» **Try it**:
Only the number is wanted: count the lines in the data with "stated" in them.

+++ Supplied records +++

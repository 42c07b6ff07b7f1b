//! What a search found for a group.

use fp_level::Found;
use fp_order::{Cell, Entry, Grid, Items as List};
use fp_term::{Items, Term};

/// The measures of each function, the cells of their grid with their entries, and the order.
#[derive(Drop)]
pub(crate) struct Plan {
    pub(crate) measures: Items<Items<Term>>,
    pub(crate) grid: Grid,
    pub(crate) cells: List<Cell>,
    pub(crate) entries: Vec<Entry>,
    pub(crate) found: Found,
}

+++
+++ Supplied records +++

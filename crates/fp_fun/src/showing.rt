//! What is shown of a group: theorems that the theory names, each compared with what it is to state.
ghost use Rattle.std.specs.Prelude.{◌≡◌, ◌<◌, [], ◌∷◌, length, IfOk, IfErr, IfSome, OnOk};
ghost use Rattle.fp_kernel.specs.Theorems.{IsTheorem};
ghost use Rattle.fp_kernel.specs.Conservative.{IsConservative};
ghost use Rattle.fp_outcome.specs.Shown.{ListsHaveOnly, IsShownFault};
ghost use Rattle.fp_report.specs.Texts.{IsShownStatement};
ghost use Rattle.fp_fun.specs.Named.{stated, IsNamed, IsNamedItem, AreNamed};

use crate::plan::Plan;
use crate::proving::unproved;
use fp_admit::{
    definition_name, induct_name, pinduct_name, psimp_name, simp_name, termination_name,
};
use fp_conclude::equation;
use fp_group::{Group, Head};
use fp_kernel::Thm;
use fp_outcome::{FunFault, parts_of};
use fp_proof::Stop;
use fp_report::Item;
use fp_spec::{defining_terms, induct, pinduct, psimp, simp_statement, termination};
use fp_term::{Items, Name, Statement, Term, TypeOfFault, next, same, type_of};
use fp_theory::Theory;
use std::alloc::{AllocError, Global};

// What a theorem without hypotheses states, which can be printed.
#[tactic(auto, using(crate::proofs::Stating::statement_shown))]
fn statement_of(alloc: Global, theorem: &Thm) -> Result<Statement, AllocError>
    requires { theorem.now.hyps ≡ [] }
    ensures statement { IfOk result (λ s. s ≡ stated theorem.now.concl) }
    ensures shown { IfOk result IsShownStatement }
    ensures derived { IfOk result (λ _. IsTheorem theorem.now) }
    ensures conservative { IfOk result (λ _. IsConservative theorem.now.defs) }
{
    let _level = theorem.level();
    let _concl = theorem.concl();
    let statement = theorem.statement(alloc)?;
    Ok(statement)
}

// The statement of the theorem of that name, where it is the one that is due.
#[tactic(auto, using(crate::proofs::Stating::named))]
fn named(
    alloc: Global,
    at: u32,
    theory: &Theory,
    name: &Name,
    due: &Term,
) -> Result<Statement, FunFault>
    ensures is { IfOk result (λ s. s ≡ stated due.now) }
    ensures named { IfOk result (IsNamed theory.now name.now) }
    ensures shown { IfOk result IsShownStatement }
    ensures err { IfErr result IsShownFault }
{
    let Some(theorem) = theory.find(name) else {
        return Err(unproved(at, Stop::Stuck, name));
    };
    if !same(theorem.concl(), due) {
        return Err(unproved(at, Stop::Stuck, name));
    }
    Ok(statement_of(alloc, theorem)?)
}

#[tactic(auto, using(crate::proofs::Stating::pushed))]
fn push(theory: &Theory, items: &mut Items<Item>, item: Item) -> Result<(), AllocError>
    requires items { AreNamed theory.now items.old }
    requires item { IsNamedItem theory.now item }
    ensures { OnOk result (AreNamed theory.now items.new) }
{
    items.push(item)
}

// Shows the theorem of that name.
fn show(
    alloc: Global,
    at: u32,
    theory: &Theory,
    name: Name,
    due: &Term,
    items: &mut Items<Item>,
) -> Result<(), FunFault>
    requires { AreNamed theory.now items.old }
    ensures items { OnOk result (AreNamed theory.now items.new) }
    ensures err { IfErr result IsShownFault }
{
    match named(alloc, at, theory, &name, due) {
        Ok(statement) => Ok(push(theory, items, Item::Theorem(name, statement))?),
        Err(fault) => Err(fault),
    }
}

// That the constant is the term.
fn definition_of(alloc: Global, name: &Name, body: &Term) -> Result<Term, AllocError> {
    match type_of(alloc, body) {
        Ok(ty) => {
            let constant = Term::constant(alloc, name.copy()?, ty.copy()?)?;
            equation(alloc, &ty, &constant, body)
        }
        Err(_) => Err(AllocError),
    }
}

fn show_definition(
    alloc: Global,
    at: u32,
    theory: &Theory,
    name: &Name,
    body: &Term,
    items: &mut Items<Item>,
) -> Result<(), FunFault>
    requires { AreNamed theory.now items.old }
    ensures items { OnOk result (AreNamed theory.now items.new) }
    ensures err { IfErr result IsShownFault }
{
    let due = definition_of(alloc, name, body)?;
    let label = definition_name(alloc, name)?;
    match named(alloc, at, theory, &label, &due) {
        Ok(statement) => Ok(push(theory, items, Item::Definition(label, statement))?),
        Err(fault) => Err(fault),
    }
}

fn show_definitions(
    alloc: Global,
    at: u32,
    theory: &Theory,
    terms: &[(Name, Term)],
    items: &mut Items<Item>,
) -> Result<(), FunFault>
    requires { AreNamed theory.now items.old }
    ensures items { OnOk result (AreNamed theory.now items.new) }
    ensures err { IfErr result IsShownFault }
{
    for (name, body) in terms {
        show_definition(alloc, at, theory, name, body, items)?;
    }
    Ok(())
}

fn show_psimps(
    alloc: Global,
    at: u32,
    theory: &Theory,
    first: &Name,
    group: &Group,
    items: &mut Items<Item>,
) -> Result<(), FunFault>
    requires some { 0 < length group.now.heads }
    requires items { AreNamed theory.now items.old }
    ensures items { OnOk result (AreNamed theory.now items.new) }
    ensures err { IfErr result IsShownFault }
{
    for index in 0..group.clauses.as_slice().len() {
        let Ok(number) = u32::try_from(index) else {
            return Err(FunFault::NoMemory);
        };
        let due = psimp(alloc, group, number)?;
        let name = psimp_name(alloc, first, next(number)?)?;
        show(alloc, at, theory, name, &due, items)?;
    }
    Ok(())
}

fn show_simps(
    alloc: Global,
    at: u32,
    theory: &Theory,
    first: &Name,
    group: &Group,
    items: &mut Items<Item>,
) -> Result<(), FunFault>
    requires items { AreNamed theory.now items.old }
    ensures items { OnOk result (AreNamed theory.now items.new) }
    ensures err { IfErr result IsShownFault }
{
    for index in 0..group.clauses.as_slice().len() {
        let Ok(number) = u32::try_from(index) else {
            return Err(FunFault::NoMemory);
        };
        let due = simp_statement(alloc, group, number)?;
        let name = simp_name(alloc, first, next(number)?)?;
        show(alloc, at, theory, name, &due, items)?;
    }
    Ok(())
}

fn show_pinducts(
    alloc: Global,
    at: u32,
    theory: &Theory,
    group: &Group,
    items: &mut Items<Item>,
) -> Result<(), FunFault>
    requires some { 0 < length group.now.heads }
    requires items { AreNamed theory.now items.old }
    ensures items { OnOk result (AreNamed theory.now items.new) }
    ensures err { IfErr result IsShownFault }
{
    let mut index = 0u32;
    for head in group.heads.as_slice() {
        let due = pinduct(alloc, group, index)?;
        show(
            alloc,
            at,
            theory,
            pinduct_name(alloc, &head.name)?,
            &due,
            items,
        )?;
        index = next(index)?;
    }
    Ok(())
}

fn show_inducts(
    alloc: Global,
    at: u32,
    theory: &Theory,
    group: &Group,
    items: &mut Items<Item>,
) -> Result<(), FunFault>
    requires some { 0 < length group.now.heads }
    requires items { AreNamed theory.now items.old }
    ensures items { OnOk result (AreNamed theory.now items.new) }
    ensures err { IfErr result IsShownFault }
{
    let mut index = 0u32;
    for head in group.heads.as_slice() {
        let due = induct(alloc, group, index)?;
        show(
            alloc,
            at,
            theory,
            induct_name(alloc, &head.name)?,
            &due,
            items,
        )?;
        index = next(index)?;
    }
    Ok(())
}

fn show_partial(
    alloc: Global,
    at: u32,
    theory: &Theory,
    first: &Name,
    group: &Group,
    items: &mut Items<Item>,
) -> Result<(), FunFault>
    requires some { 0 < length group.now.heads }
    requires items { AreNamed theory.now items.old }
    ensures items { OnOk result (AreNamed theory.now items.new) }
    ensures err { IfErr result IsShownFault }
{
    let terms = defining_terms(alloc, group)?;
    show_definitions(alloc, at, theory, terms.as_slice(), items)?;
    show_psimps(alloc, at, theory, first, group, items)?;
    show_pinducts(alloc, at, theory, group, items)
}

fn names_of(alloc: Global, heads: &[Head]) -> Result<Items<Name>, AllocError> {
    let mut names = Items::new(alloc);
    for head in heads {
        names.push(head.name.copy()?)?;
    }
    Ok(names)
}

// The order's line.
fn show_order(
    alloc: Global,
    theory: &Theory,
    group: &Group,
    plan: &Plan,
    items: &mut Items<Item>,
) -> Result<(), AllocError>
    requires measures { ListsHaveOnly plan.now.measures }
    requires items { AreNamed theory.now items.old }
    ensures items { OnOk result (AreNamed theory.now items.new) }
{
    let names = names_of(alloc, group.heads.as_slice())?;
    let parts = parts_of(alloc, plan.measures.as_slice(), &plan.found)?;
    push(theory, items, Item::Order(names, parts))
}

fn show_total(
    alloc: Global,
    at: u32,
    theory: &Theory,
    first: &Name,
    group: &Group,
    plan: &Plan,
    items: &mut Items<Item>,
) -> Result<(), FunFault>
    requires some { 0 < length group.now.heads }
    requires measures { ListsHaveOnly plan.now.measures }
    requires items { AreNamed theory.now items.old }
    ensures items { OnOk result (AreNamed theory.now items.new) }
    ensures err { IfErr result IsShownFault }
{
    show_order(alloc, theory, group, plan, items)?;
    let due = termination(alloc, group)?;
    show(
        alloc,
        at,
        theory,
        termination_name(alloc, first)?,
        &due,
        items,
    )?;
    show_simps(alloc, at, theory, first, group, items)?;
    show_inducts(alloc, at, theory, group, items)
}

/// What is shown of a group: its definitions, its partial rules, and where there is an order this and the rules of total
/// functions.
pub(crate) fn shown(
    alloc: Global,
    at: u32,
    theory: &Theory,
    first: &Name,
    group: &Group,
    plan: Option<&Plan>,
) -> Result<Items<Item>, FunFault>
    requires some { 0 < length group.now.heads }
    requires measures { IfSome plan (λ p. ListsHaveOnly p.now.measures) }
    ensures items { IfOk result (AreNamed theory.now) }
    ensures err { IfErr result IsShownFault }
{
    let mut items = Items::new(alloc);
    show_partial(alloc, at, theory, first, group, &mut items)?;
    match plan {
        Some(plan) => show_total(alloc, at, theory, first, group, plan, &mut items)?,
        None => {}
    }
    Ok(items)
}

+++
+++ Supplied records +++

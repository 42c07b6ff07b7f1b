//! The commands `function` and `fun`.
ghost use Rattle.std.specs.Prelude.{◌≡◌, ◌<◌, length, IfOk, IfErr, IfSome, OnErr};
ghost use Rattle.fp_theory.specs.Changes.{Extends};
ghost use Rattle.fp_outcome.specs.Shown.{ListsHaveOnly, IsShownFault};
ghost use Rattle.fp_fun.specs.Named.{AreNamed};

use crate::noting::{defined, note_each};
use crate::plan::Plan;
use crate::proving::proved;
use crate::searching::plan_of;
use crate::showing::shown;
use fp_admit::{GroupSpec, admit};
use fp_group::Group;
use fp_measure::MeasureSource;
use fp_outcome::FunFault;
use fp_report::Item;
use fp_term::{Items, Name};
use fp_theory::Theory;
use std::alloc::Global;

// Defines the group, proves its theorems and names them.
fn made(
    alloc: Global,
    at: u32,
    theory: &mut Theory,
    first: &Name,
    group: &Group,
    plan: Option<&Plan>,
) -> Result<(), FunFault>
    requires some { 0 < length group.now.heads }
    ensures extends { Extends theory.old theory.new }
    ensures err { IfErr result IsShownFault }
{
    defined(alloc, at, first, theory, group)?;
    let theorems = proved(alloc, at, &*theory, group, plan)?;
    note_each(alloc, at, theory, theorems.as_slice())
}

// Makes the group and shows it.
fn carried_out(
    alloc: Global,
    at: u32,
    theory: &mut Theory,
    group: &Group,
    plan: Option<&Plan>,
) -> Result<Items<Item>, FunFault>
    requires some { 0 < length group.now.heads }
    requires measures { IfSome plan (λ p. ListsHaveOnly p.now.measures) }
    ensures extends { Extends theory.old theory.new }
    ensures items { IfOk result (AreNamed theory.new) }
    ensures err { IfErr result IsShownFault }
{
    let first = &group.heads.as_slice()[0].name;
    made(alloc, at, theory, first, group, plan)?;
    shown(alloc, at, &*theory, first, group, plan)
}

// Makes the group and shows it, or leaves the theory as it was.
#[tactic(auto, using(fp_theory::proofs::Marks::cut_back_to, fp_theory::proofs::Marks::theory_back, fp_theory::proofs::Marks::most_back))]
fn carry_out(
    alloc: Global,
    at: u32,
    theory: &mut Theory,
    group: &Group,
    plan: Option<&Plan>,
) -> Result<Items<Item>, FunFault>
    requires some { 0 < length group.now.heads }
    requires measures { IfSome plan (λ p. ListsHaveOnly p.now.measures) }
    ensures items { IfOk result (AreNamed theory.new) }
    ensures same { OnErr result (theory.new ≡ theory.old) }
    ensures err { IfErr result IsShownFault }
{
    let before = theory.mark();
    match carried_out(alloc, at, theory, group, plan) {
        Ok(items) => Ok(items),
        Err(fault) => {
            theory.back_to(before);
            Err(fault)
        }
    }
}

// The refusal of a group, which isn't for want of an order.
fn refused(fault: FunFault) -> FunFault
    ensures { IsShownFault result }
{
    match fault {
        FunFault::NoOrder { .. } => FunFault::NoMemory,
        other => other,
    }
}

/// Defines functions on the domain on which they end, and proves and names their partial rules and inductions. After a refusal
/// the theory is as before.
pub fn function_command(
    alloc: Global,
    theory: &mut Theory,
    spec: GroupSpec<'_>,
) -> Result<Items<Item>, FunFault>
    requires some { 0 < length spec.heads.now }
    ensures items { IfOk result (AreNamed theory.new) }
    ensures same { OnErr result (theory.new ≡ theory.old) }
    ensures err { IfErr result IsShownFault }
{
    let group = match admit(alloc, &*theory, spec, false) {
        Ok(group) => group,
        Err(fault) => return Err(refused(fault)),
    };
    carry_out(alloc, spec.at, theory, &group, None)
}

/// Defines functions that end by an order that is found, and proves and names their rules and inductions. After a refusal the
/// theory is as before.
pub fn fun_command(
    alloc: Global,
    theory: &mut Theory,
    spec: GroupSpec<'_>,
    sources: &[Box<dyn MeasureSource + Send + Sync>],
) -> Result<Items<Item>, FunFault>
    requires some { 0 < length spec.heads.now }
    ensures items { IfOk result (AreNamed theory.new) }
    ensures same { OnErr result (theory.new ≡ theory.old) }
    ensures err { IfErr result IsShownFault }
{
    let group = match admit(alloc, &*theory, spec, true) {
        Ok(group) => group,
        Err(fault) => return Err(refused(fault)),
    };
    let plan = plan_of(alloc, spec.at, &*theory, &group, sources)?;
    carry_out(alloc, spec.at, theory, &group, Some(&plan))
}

+++

» **Exercise response**:
3